Thanks for the comparision chart wolf, looks great!


----------



## whitewolf710 (Aug 23, 2006)

I bought a craftsman 16 inch with blade holder it died in 21 days and i fought tooth and nail to get it replaced only after 2 months of arguing did i get a replacement saw


----------



## fretnmore (Sep 11, 2006)

Great chart Darryn, 

I will have to check my list, but I think you may be missing a few saws on it 

I started scrolling with a Craftsman. Wore it out in 2 years - vibration was so bad by then that bolts were falling out just from vibration. At the time, my choices were to either buy another Craftsman, or upgrade to a Hegner, RBI, or Excalibur. I picked the Hegner and it has been working good for over 15 years now. 

About three years ago, I decided I needed a second saw. I got the 30" Excalibur. Top feeding of the blade is fantastic when you do a lot of fretwork.

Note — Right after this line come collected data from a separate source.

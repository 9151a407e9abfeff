//! The writing of values.
ghost use Rattle.std.specs.Prelude.{◌≡◌, ℕ, OnErr};
ghost use Rattle.std.specs.Result.{result_map_both};
ghost use Rattle.cpc_tree.specs.Erase.{Names};
ghost use Rattle.cpc_store.specs.Seen.{seen, IsLawful};
ghost use Rattle.cpc_meaning.specs.Act as M;
ghost use Rattle.cpc_meaning.specs.Eval as E;
ghost use Rattle.cpc_eval_values.specs.Meets.{Meets};
ghost use Rattle.cpc_eval_values.specs.Shown.{value_of, store_of};
ghost use Rattle.cpc_eval.specs.Spots.{spot_of, AreLawful};
ghost use Rattle.cpc_native_frames.specs.Frames.{RiseFrom};
ghost use Rattle.cpc_native_frames.specs.Made.{slots_of};

use cpc_eval::{Slot, Spot};
use cpc_num::Fault;
use cpc_store::{Store, Value};

/// Writes a value to a place.
///
/// - `Freed`: its block is not live.
/// - `Bounds`: it is behind the end of its block.
///
/// A fault leaves the slots and the store as they were.
pub(crate) fn write(
    slots: &mut [Slot],
    store: &mut Store,
    spot: Spot,
    value: Value,
) -> Result<(), Fault>
    requires value { IsLawful (seen value) }
    requires slots { AreLawful slots.old }
    ensures value { (names : Names) (c : E.Context) → c.slots ≡ slots_of names slots.old → c.store ≡ store_of names store.old
        → Meets (result_map_both (λ _. (slots_of names slots.new, store_of names store.new)) (λ fault. fault) result) (M.write c (spot_of spot) (value_of names value)) }
    ensures lawful { AreLawful slots.new }
    ensures rise { (n : ℕ) → RiseFrom n slots.old → RiseFrom n slots.new }
    ensures slots { OnErr result (slots.new ≡ slots.old) }
    ensures store { OnErr result (store.new ≡ store.old) }
{
    match spot {
        Spot::Slot(number) => {
            let k = number as usize;
            if k < slots.len() {
                slots[k] = Slot::Register(value);
            }
            Ok(())
        }
        Spot::Cell(block, offset) => store.save(block, offset, value),
    }
}
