//! What is to be done where a frame stands, all expressions there evaluated and the arguments kept. Nothing is changed yet.
ghost use Rattle.std.specs.Prelude.{◌≡◌, true, false, IfOk, Some};
ghost use Rattle.cpc_tree.specs.Erase.{Names as Texts, type_of, exprs_of, function_of};
ghost use Rattle.cpc_tree.specs.Typing as T;
ghost use Rattle.cpc_check_rules.specs.Apart.{Spells};
ghost use Rattle.cpc_store.specs.Seen.{seen, IsLawful};
ghost use Rattle.cpc_meaning.specs.Act as M;
ghost use Rattle.cpc_eval_values.specs.Shown.{value_of};
ghost use Rattle.cpc_eval_index.specs.Indexed.{items_of};
ghost use Rattle.cpc_native_points.specs.Finds.{found_of};
ghost use Rattle.cpc_eval.specs.Around.{context_of, IsToldIn};
ghost use Rattle.cpc_eval.specs.Numbers.{AllNumbers, FoundNumbers};
ghost use Rattle.cpc_eval.specs.Shapes.{shape_of};
ghost use Rattle.cpc_eval.specs.Spots.{AreLawful};
ghost use Rattle.cpc_tree.specs.PrimitiveNames.{primitive_of};
ghost use Rattle.cpc_native_builtins.specs.Served.{IsServedCall, is_served_found, is_served_program};
ghost use Rattle.cpc_native_plans.specs.Calls.{calls_code, calls_host};
ghost use Rattle.cpc_native_plans.specs.Parts.{is_call_found};
ghost use Rattle.cpc_native_acts.specs.Deeds.{takes_call, Plans, IsLawfulDeed, IsServedDeed, IsTakenDeed};
ghost use Rattle.cpc_native_plans.specs.Plans.{planned, asks_for, IsSound, IsLawfulPlan, IsServedPlan, is_call_plan};

use crate::taken::{asked_with, longs};
use cpc_base::{Name, Names, Stop};
use cpc_eval::{Around, Shape, Spot};
use cpc_native_builtins::Call;
use cpc_native_plans::{Plan, Row, passed, value_called};
use cpc_native_points::Found;
use cpc_num::Fault;
use cpc_store::Value;
use cpc_tree::primitive::Primitive;
use cpc_tree::program::{CType, Expr, Function};
use std::alloc::Global;

/// What is to be done.
#[derive(Drop)]
pub(crate) enum Deed {
    /// Control goes on, as a test holds or not.
    Passes(bool),
    /// A value is written to a place, and control goes on.
    Writes(Spot, Value),
    /// The function of this name is entered.
    Enters(Name, Vec<Value>),
    /// The function is left.
    Leaves(Value),
    /// The machine is asked.
    Asks(Call, Vec<Value>),
}

// The function that a value of this type is the code of is entered.
fn calls<'a>(
    alloc: Global,
    called: Value,
    shape: Shape<'a>,
    arguments: &'a [Expr],
    around: &Around<'a>,
) -> Result<Deed, Stop<Fault>>
    requires { AreLawful around.now.slots.now }
    ensures value { (names : Texts) → IsToldIn names around.now → AllNumbers (items_of names around.now.index.now) (exprs_of names arguments.now)
        → Plans names (context_of names around.now) result (calls_code (context_of names around.now) (shape_of names shape.entry) (value_of names called) (exprs_of names arguments.now)) }
    ensures lawful { IfOk result (λ d. IsLawfulDeed d) }
    ensures served { IfOk result (λ d. IsServedDeed d) }
    ensures takes { IfOk result (λ d. IsTakenDeed d) }
{
    let (name, row) = value_called(alloc, called, shape, arguments, around)?;
    Ok(Deed::Enters(name, row))
}

// The function of a name is entered.
fn enters<'a>(
    alloc: Global,
    name: Name,
    function: &'a Function,
    arguments: &'a [Expr],
    around: &Around<'a>,
) -> Result<Deed, Stop<Fault>>
    requires { AreLawful around.now.slots.now }
    ensures value { (names : Texts) → IsToldIn names around.now → Some (function_of names function.now) ≡ T.function_named (items_of names around.now.index.now) (names name) → AllNumbers (items_of names around.now.index.now) (exprs_of names arguments.now)
        → Plans names (context_of names around.now) result (M.calls (context_of names around.now) (function_of names function.now) (exprs_of names arguments.now)) }
    ensures lawful { IfOk result (λ d. IsLawfulDeed d) }
    ensures served { IfOk result (λ d. IsServedDeed d) }
    ensures takes { IfOk result (λ d. IsTakenDeed d) }
{
    let row = passed(
        alloc,
        Row::Parameters(&function.parameters),
        arguments,
        around,
    )?;
    Ok(Deed::Enters(name, row))
}

// A function of the host is asked for.
fn asks_host<'a>(
    alloc: Global,
    name: Name,
    arguments: &'a [Expr],
    around: &Around<'a>,
) -> Result<Deed, Stop<Fault>>
    requires { AreLawful around.now.slots.now }
    ensures value { (names : Texts) → IsToldIn names around.now → AllNumbers (items_of names around.now.index.now) (exprs_of names arguments.now)
        → Plans names (context_of names around.now) result (calls_host (context_of names around.now) (names name) (exprs_of names arguments.now)) }
    ensures lawful { IfOk result (λ d. IsLawfulDeed d) }
    ensures served { IfOk result (λ d. IsServedDeed d) }
    ensures takes { IfOk result (λ d. IsTakenDeed d) }
{
    let row = longs(alloc, arguments, around)?;
    Ok(Deed::Asks(Call::Host(name), row))
}

// A primitive is asked for.
fn asks_builtin<'a>(
    alloc: Global,
    builtin: Primitive,
    arguments: &'a [Expr],
    around: &Around<'a>,
) -> Result<Deed, Stop<Fault>>
    requires { AreLawful around.now.slots.now }
    ensures value { (names : Texts) → IsToldIn names around.now → AllNumbers (items_of names around.now.index.now) (exprs_of names arguments.now)
        → Plans names (context_of names around.now) result (M.asks_with (context_of names around.now) (primitive_of builtin) (exprs_of names arguments.now) (M.puts_text (primitive_of builtin) (exprs_of names arguments.now))) }
    ensures lawful { IfOk result (λ d. IsLawfulDeed d) }
    ensures served { IfOk result (λ d. IsServedCall (Call.Builtin builtin) → IsServedDeed d) }
    ensures takes { IfOk result (λ d. IsTakenDeed d) }
{
    let row = asked_with(alloc, builtin, arguments, around)?;
    Ok(Deed::Asks(Call::Builtin(builtin), row))
}

// The machine is asked.
fn asks<'a>(
    alloc: Global,
    call: Call,
    arguments: &'a [Expr],
    around: &Around<'a>,
) -> Result<Deed, Stop<Fault>>
    requires { AreLawful around.now.slots.now }
    ensures value { (names : Texts) → IsToldIn names around.now → AllNumbers (items_of names around.now.index.now) (exprs_of names arguments.now)
        → Plans names (context_of names around.now) result (asks_for names (context_of names around.now) call (exprs_of names arguments.now)) }
    ensures lawful { IfOk result (λ d. IsLawfulDeed d) }
    ensures served { IfOk result (λ d. IsServedCall call → IsServedDeed d) }
    ensures takes { IfOk result (λ d. IsTakenDeed d) }
{
    match call {
        Call::Builtin(builtin) => asks_builtin(alloc, builtin, arguments, around),
        Call::Host(name) => asks_host(alloc, name, arguments, around),
    }
}

// What a plan comes to, its arguments evaluated and kept.
#[tactic(auto, using(cpc_native_plans::proofs::Stopping::never_called))]
fn kept<'a>(alloc: Global, plan: Plan<'a>, around: &Around<'a>) -> Result<Deed, Stop<Fault>>
    requires slots { AreLawful around.now.slots.now }
    requires plan { IsLawfulPlan plan }
    ensures value { (names : Texts) → IsToldIn names around.now → IsSound names (context_of names around.now) plan.entry → Plans names (context_of names around.now) result (planned names (context_of names around.now) plan.entry) }
    ensures lawful { IfOk result (λ d. IsLawfulDeed d) }
    ensures served { IfOk result (λ d. IsServedPlan plan.entry → IsServedDeed d) }
    ensures takes { IfOk result (λ d. IsTakenDeed d) }
    ensures call { takes_call result ≡ true → is_call_plan plan.entry ≡ true }
{
    match plan {
        Plan::Passes(holds) => Ok(Deed::Passes(holds)),
        Plan::Writes(spot, value) => Ok(Deed::Writes(spot, value)),
        Plan::Calls(called, shape, arguments) => calls(alloc, called, shape, arguments, around),
        Plan::Enters(name, function, arguments) => {
            enters(alloc, name, function, arguments, around)
        }
        Plan::Leaves(value) => Ok(Deed::Leaves(value)),
        Plan::Asks(call, arguments) => asks(alloc, call, arguments, around),
    }
}

/// What is to be done at what stands at a point, in a function with this result.
///
/// - `Memory`: want of memory for the arguments of a call.
/// - The faults of `cpc_native_plans::found`, then those of `cpc_eval` of the arguments, from left to right, and `Unset`, `Null` and `Code`
///   of what is called.
#[tactic(auto, using(cpc_native_plans::proofs::Stopping::never_called))]
pub(crate) fn found<'a>(
    alloc: Global,
    of: &CType,
    there: Found<'a>,
    around: &Around<'a>,
    texts: &Names,
) -> Result<Deed, Stop<Fault>>
    requires { AreLawful around.now.slots.now }
    ensures value { (names : Texts) → IsToldIn names around.now → Spells texts.now names → is_served_program (items_of names around.now.index.now) ≡ true → is_served_found (found_of names there.entry) ≡ true → FoundNumbers (items_of names around.now.index.now) (found_of names there.entry)
        → Plans names (context_of names around.now) result (M.found_act (context_of names around.now) (type_of names of.now) (found_of names there.entry)) }
    ensures lawful { IfOk result (λ d. IsLawfulDeed d) }
    ensures served { IfOk result (λ d. (names : Texts) → Spells texts.now names → is_served_found (found_of names there.entry) ≡ true → IsServedDeed d) }
    ensures takes { IfOk result (λ d. IsTakenDeed d) }
    ensures call { (names : Texts) → takes_call result ≡ true → is_call_found (found_of names there.entry) ≡ true }
{
    match cpc_native_plans::found(of, there, around, texts) {
        Ok(plan) => kept(alloc, plan, around),
        Err(fault) => Err(Stop::Fault(fault)),
    }
}

/// What is to be done with a value that arrives at what stands at a point.
///
/// The faults are those of `cpc_eval`. No memory is taken.
#[tactic(auto, using(cpc_native_plans::proofs::Stopping::never_called))]
pub(crate) fn arrives<'a>(
    alloc: Global,
    there: Found<'a>,
    given: Value,
    around: &Around<'a>,
) -> Result<Deed, Stop<Fault>>
    requires slots { AreLawful around.now.slots.now }
    requires given { IsLawful (seen given) }
    ensures value { (names : Texts) → IsToldIn names around.now → FoundNumbers (items_of names around.now.index.now) (found_of names there.entry)
        → Plans names (context_of names around.now) result (M.arrives (context_of names around.now) (found_of names there.entry) (Some (value_of names given))) }
    ensures lawful { IfOk result (λ d. IsLawfulDeed d) }
    ensures served { IfOk result (λ d. IsServedDeed d) }
    ensures takes { IfOk result (λ d. IsTakenDeed d) }
    ensures call { takes_call result ≡ false }
{
    match cpc_native_plans::arrives(there, given, around) {
        Ok(plan) => kept(alloc, plan, around),
        Err(fault) => Err(Stop::Fault(fault)),
    }
}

Plus the 30" bed helps do some of the bigger projects.

I have an Eclipse on order right now. Can't wait for it to arrive. I may have to teach my husband to scroll now in order to justify having three top end saws. Maybe I'll just teach class's. Who knows, but I don't want to get rid of any of them.

So, if you have a question about any of those saws, I should be able to help out.

Pat Lupori


----------



## whitewolf710 (Aug 23, 2006)

Hi fret glad to see you here


----------



## drasbell (Feb 6, 2009)

I have a older craftsman scroll saw with just one speed. I bought it out of a hockshop for 75.00 over 15 years ago its still in my shop and working great 
I have made many clocks and shelves with it. 
It was my first woodworking tool purchase and still going strong.


----------